On Sunday 5 November 2006, it was announced that a 53 year old man had been arrested in connection with the murder. DNA evidence was alleged to have shown a "direct hit" with a sample found at the scene of the murder.

Ronald Castree of Shaw and Crompton, Greater Manchester, was charged with the murder of Lesley Molseed and made his first court appearance on 7 November 2006 where he was remanded in custody. At a court hearing on 19 April 2007, Castree pleaded not guilty. On the 23rd of April 2007 he was refused bail..

Castree's trial began at Bradford Crown Court on 22nd October 2007, and on the 12th November 2007, Castree was found guilty. He was sentenced to life imprisonment with a minimum term of 30 years. Ronald Castree was found guilty of Molseed's murder by a 10-2 majority. Coincidentally, this was the margin that Stefan Kiszko was found guilty of in 1976.

In 1994 the surviving senior officer in charge of the original investigation Detective Chief Inspector Dick Holland and the forensic scientist who worked on the case Ronald Outteridge (retired), were formally charged with "doing acts tending to pervert the course of justice" by allegedly suppressing evidence against Kiszko, namely the results of scientific tests on semen taken from the victim's body and from the accused.
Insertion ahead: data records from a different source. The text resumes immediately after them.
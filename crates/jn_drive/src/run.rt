ghost use Rattle.std.specs.Prelude.{◌≡◌, ◌≤◌, List, ℕ, IfOk};
ghost use Rattle.jn_base.specs.Spelling.{IsTextOf};
ghost use Rattle.jn_rules.specs.Verdict.{TreePasses};
ghost use Rattle.jn_check.specs.Worlds.{IsWorld};
ghost use Rattle.jn_agree.specs.Agrees.{InRange};
ghost use Rattle.jn_link.specs.Joined.{IsImageOf};
ghost use Rattle.jn_drive.specs.Built.{Builds, Makes};
ghost use Rattle.jn_drive.specs.Job.{Does};
ghost use Rattle.jn_drive.specs.Words.{named};
ghost use Rattle.jn_drive.specs.declared.words.JobKind.TheVariants.{Run};

use crate::exec::run_and_tell;
use crate::halt::Halt;
use crate::put::deliver;
use crate::read::read_file;
use crate::source::{LIMIT, accepted, parsed};
use crate::status::Status;
use crate::words::Named;
use jn_base::tree::Program;
use jn_check::World;
use jn_code::Image;
use jn_io::{Sink, Store};
use jn_link::image;
use jn_machine::Machine;
use jn_verify::{Good, verify};
use std::alloc::{AllocError, Global};

/// The image of an accepted program.
fn image_of(alloc: Global, program: &Program, world: &World) -> Result<Image, AllocError>
    requires passes { TreePasses program.now }
    requires world { IsWorld program.now world.now }
    ensures { IfOk result (λ i. (bytes : List ℕ) → IsTextOf program.now bytes → IsImageOf program.now i) }
{
    image(
        alloc,
        program,
        &world.table,
        &world.members,
        &world.groups,
        &world.slots,
        world.bodies.as_slice(),
    )
}

/// The image of the program that the bytes of a source spell.
///
/// It is valid, so only want of memory can keep `verify` from saying so.
pub fn built(alloc: Global, source: &[u8]) -> Result<Good, Halt>
    ensures { Builds source.now result }
{
    let program = parsed(alloc, source)?;
    let world = accepted(alloc, &program)?;
    let image = image_of(alloc, &program, &world)?;
    match verify(alloc, image) {
        Ok(good) => Ok(good),
        Err(_) => Err(Halt::Memory),
    }
}

/// The machine that is to run the program in the job's file.
fn made<S: Store>(alloc: Global, job: &Named, store: &mut S) -> Result<Machine, Halt>
    requires { job.now.kind ≡ Run }
    ensures makes { Makes (named job.now) (S.files store.old) (S.rest store.new)
        (S.read_faults store.old) (S.read_faults store.new) result }
    ensures files { S.files store.new ≡ S.files store.old }
    ensures saves { S.save_faults store.new ≡ S.save_faults store.old }
    ensures later { S.read_faults store.old ≤ S.read_faults store.new }
{
    let source = read_file(alloc, job.words.file.as_str(), LIMIT + 1, store)?;
    let image = built(alloc, source.as_slice())?;
    Ok(Machine::make(alloc, image, job.words.arena, job.words.depth)?)
}

/// Runs the program in the job's file. What it prints is put while it runs.
pub fn run<S: Store, O: Sink, E: Sink>(
    alloc: Global,
    job: &Named,
    store: &mut S,
    out: &mut O,
    err: &mut E,
) -> Status
    requires kind { job.now.kind ≡ Run }
    requires bounds { InRange (named job.now).arena (named job.now).depth }
    ensures { Does (named job.now)
        (record {
          store = record {
            files = S.files store.old;
            rest = S.rest store.old;
            read_faults = S.read_faults store.old;
            save_faults = S.save_faults store.old;
          };
          out = record { taken = O.taken out.old; faults = O.faults out.old };
          err = record { taken = E.taken err.old; faults = E.faults err.old };
        })
        (record {
          store = record {
            files = S.files store.new;
            rest = S.rest store.new;
            read_faults = S.read_faults store.new;
            save_faults = S.save_faults store.new;
          };
          out = record { taken = O.taken out.new; faults = O.faults out.new };
          err = record { taken = E.taken err.new; faults = E.faults err.new };
        })
        result }
{
    match made(alloc, job, store) {
        Ok(machine) => run_and_tell(machine, job.words.steps, out, err),
        Err(halt) => deliver(Err(halt), out, err),
    }
}
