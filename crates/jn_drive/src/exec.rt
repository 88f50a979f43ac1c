ghost use Rattle.std.specs.Prelude.{◌≡◌, ◌≤◌, ◌<◌, true};
ghost use Rattle.jn_code.specs.Machine.{mach};
ghost use Rattle.jn_code.specs.Machine as code;
ghost use Rattle.jn_code.specs.Valid.{IsValid};
ghost use Rattle.jn_drive.specs.Exec.{Loads, IsBadImage, Tells, EndTold};
ghost use Rattle.jn_drive.specs.Job.{Does};
ghost use Rattle.jn_drive.specs.Words.{named};
ghost use Rattle.jn_drive.specs.declared.words.JobKind.TheVariants.{Exec};

use crate::halt::Halt;
use crate::put::{deliver, put_all};
use crate::read::read_file;
use crate::status::Status;
use crate::words::Named;
use jn_code::ImageFault;
use jn_exec::{fault_line, load};
use jn_io::{Sink, Store};
use jn_machine::{Halt as RunHalt, Machine};
use sqlite_items::Items;
use std::alloc::Global;

/// Of an image no more than this is read: one byte more than it may have.
const MOST: usize = 134_217_729;

/// Why there is no machine for the bytes, which have this fault.
fn bad_image(alloc: Global, fault: ImageFault) -> Halt
    ensures { IsBadImage fault result }
{
    if fault == ImageFault::Memory {
        return Halt::Memory;
    }
    match fault_line(alloc, fault) {
        Ok(line) => Halt::BadImage(Items::from_vec(line)),
        Err(_) => Halt::Memory,
    }
}

/// The machine that is to run the image in the job's file.
fn loaded<S: Store>(alloc: Global, job: &Named, store: &mut S) -> Result<Machine, Halt>
    requires { job.now.kind ≡ Exec }
    ensures loads { Loads (named job.now) (S.files store.old) (S.rest store.new)
        (S.read_faults store.old) (S.read_faults store.new) result }
    ensures files { S.files store.new ≡ S.files store.old }
    ensures saves { S.save_faults store.new ≡ S.save_faults store.old }
    ensures later { S.read_faults store.old ≤ S.read_faults store.new }
{
    let bytes = read_file(alloc, job.words.file.as_str(), MOST, store)?;
    match load(alloc, bytes.as_slice(), job.words.arena, job.words.depth) {
        Ok(machine) => Ok(machine),
        Err(fault) => Err(bad_image(alloc, fault)),
    }
}

/// Puts the line that tells how a run ended; nothing where it was done, or where `out` failed.
pub fn tell_end<E: Sink>(end: RunHalt, err: &mut E) -> Status
    ensures { EndTold end
        (record { taken = E.taken err.old; faults = E.faults err.old })
        (record { taken = E.taken err.new; faults = E.faults err.new })
        result }
{
    match end {
        RunHalt::Done => Status::Done,
        RunHalt::Null => put_all(err, b"fault: null\n", Status::Null),
        RunHalt::Zero => put_all(err, b"fault: zero divisor\n", Status::Zero),
        RunHalt::Arena => put_all(err, b"fault: arena full\n", Status::Arena),
        RunHalt::Depth => put_all(err, b"fault: call depth\n", Status::Depth),
        RunHalt::Steps => put_all(err, b"fault: steps\n", Status::Steps),
        RunHalt::WriteFault => Status::WriteFault,
    }
}

/// Runs the machine for at most so many steps, and tells how it ended.
pub fn run_and_tell<O: Sink, E: Sink>(
    mut machine: Machine,
    steps: u64,
    out: &mut O,
    err: &mut E,
) -> Status
    requires fresh { machine.fresh ≡ true }
    requires valid { IsValid machine.image }
    requires arena { machine.arena < 4294967296 }
    ensures { Tells (mach machine.image machine.arena machine.depth steps)
        (record { taken = O.taken out.old; faults = O.faults out.old })
        (record { taken = O.taken out.new; faults = O.faults out.new })
        (record { taken = E.taken err.old; faults = E.faults err.old })
        (record { taken = E.taken err.new; faults = E.faults err.new })
        result }
{
    let end = machine.run(steps, out);
    tell_end(end, err)
}

/// Runs the image in the job's file. What the run prints is put while it runs.
pub fn exec<S: Store, O: Sink, E: Sink>(
    alloc: Global,
    job: &Named,
    store: &mut S,
    out: &mut O,
    err: &mut E,
) -> Status
    requires { job.now.kind ≡ Exec }
    ensures { Does (named job.now)
        (record {
          store = record {
            files = S.files store.old;
            rest = S.rest store.old;
            read_faults = S.read_faults store.old;
            save_faults = S.save_faults store.old;
          };
          out = record { taken = O.taken out.old; faults = O.faults out.old };
          err = record { taken = E.taken err.old; faults = E.faults err.old };
        })
        (record {
          store = record {
            files = S.files store.new;
            rest = S.rest store.new;
            read_faults = S.read_faults store.new;
            save_faults = S.save_faults store.new;
          };
          out = record { taken = O.taken out.new; faults = O.faults out.new };
          err = record { taken = E.taken err.new; faults = E.faults err.new };
        })
        result }
{
    match loaded(alloc, job, store) {
        Ok(machine) => run_and_tell(machine, job.words.steps, out, err),
        Err(halt) => deliver(Err(halt), out, err),
    }
}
On May Day, 1995 the case was challenged by defence barristers, arguing that the case was an abuse of process and that charges should be stayed as the passage of time had, ironically, made a fair trial impossible. The presiding magistrate agreed and as the case has never appeared before a jury, the law regards the accused as innocent.

DCI Holland, who came to public prominence as a senior officer on the flawed investigation into the murders committed by the Yorkshire Ripper, retired in 2000 and died in February 2007 at the age of 74.

Outteridge gave evidence at the trial of Castree. Mr Justice Potts, who was one of the judges at Kiszko's appeal in 1992, sentenced Jeffrey Archer to four years imprisonment in 2001 for Perjury at his 1987 Libel case with the Daily Star.